If the B1 and financial statements are not completed correctly and filed on time, the company and every officer of the company who is in default shall be guilty of a category 3 offence.

2. Possible Remedies 

a. Application to change the annual return date (Form B73)
The ARD of a company may be changed by filing a Form B73 with the Form B1.

b. Application to district court for extension of time to file annual return
Applications for an extension of time to file an annual return can be made through the District Court, in lieu of filing a Form B73 to permanently change the ARD.

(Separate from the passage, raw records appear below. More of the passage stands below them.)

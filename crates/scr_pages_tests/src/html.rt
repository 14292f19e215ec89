//! Documents of HTML.

ghost use Rattle.std.specs.Prelude.{◌≡◌, ◌+◌, All, IfOk, length};
ghost use Rattle.scr_notation.specs.Event.{per_group_of};

use arrayvec::ArrayString;
use scr_html::{write_group, write_head, write_tail};
use scr_layout::{Group, GroupPlace};
use scr_notation::{Event, NumberedWord, Scramble};
use std::alloc::{AllocError, Global};
use std::test::Fail;

/// A scramble of two turns.
fn short(event: Event) -> Scramble
    ensures { result.event ≡ event }
{
    NumberedWord::of(event, &[0, 4]).scramble()
}

/// So many of them.
fn scrambles(alloc: Global, event: Event, count: u32) -> Result<Vec<Scramble>, AllocError>
    ensures each { IfOk result (λ made. All (λ scramble. scramble.event ≡ event) made.items) }
    ensures count { IfOk result (λ made. length made.items ≡ count) }
{
    let mut made = Vec::new(alloc);
    for _slot in 0..count {
        made.push(short(event))?;
    }
    Ok(made)
}

/// A group of these scrambles, the third of three of a round.
fn group(event: Event, scrambles: &[Scramble]) -> Group<'_>
    requires each { All (λ scramble. scramble.event ≡ event) scrambles.now }
    requires slots { length scrambles.now ≡ per_group_of event + 2 }
{
    let place = GroupPlace {
        event,
        sheet_round: 12,
        event_round: 1,
        event_rounds: 2,
        number: 2,
        groups: 3,
        name: ArrayString::new(),
    };
    Group::new(place, scrambles)
}

/// How many lines of a page begin so.
fn lines(page: &str, begin: &str) -> usize {
    page.lines().filter(|line| line.starts_with(begin)).count()
}

/// What no clause says: that the calls succeed where there is memory, and what a document begins with, as text. The
/// marks of its pages are those of the definition.
#[test]
fn a_document(rt: HostRuntime) -> Result<(), Fail> {
    let mut page = String::new(rt.alloc());
    write_head(&mut page, "A & B")?;
    let begin =
        "<!DOCTYPE html>\n<html lang=\"en\">\n<head>\n<meta charset=\"utf-8\">\n<title class=\"document\">A &amp; B</title>\n";
    assert!(rt; page.as_str().starts_with(begin));
    let scrambles = scrambles(rt.alloc(), Event::Bf333, 5)?;
    let group = group(Event::Bf333, &scrambles[..]);
    write_group(&mut page, &group, "A & B", true)?;
    let head = "<section class=\"page\" data-round=\"12\" data-group=\"C\" ";
    assert_eq!(rt; lines(page.as_str(), head), 1);
    assert_eq!(rt;
        lines(
            page.as_str(),
            "<h1 class=\"competition\" dir=\"auto\">A &amp; B</h1>"
        ),
        1
    );
    assert_eq!(rt; lines(page.as_str(), "<span class=\"word\" "), 10);
    assert_eq!(rt;
        lines(
            page.as_str(),
            "<svg class=\"picture\" data-event=\"333bf\" "
        ),
        5
    );
    write_tail(&mut page)?;
    Ok(())
}

/// Fewest moves has a page for each attempt.
#[test]
fn attempts(rt: HostRuntime) -> Result<(), Fail> {
    let scrambles = scrambles(rt.alloc(), Event::Fm333, 5)?;
    let group = group(Event::Fm333, &scrambles[..]);
    let mut page = String::new(rt.alloc());
    write_group(&mut page, &group, "", false)?;
    assert_eq!(rt; lines(page.as_str(), "<section class=\"page\" "), 5);
    assert_eq!(rt; lines(page.as_str(), "<li>80</li>"), 5);
    assert_eq!(rt; lines(page.as_str(), "<h1"), 0);
    assert_eq!(rt; lines(page.as_str(), "<svg"), 0);
    Ok(())
}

3. Consequences of late filing of an annual return

a. Late filing penalties
Failure to file an annual return on time will result in the immediate imposition of late filing penalties and loss of audit exemption.

b. High Court Order
The Registrar is empowered, after the expiry of a period of 14 days (or such period as the notice may specify) following the issue of a notice to a company and/or its directors, if the outstanding annual return(s) have not been filed at the end of that period, to apply to the High Court for an order directing the company and its officers to file the return(s) within such period as the court may specify and directing that the costs of the application be borne by officers of the company.

c. Involuntary strike-off
A company may be struck off the register if it has failed to file an annual return for one year.

4. Consequences for directors

a. Prosecution
Where the company has failed to make an annual return, all of the company’s officers who are in default are liable on summary conviction to a Category 3 offence.

b. Disqualification
The Director of Corporate Enforcement (‘DCE’) may apply to the High Court for an order disqualifying the company’s directors from acting as director, or having any involvement in the management of any company, together with an order for the legal and other costs incurred by the DCE in bringing the application. Disqualification periods may vary but are normally set at five years.

c. Involuntary strike-off
Should the Registrar apply to the High Court for an application for an order directing the company to file its annual return, the court may direct that the costs of the application be borne by officers of the company.

5. Consequences for Members

Loss of Limited Liability
Where a business continues to trade after the strike-off of the company, the owners of the business no longer have the protection of limited liability and are personally liable for any debts incurred by the business.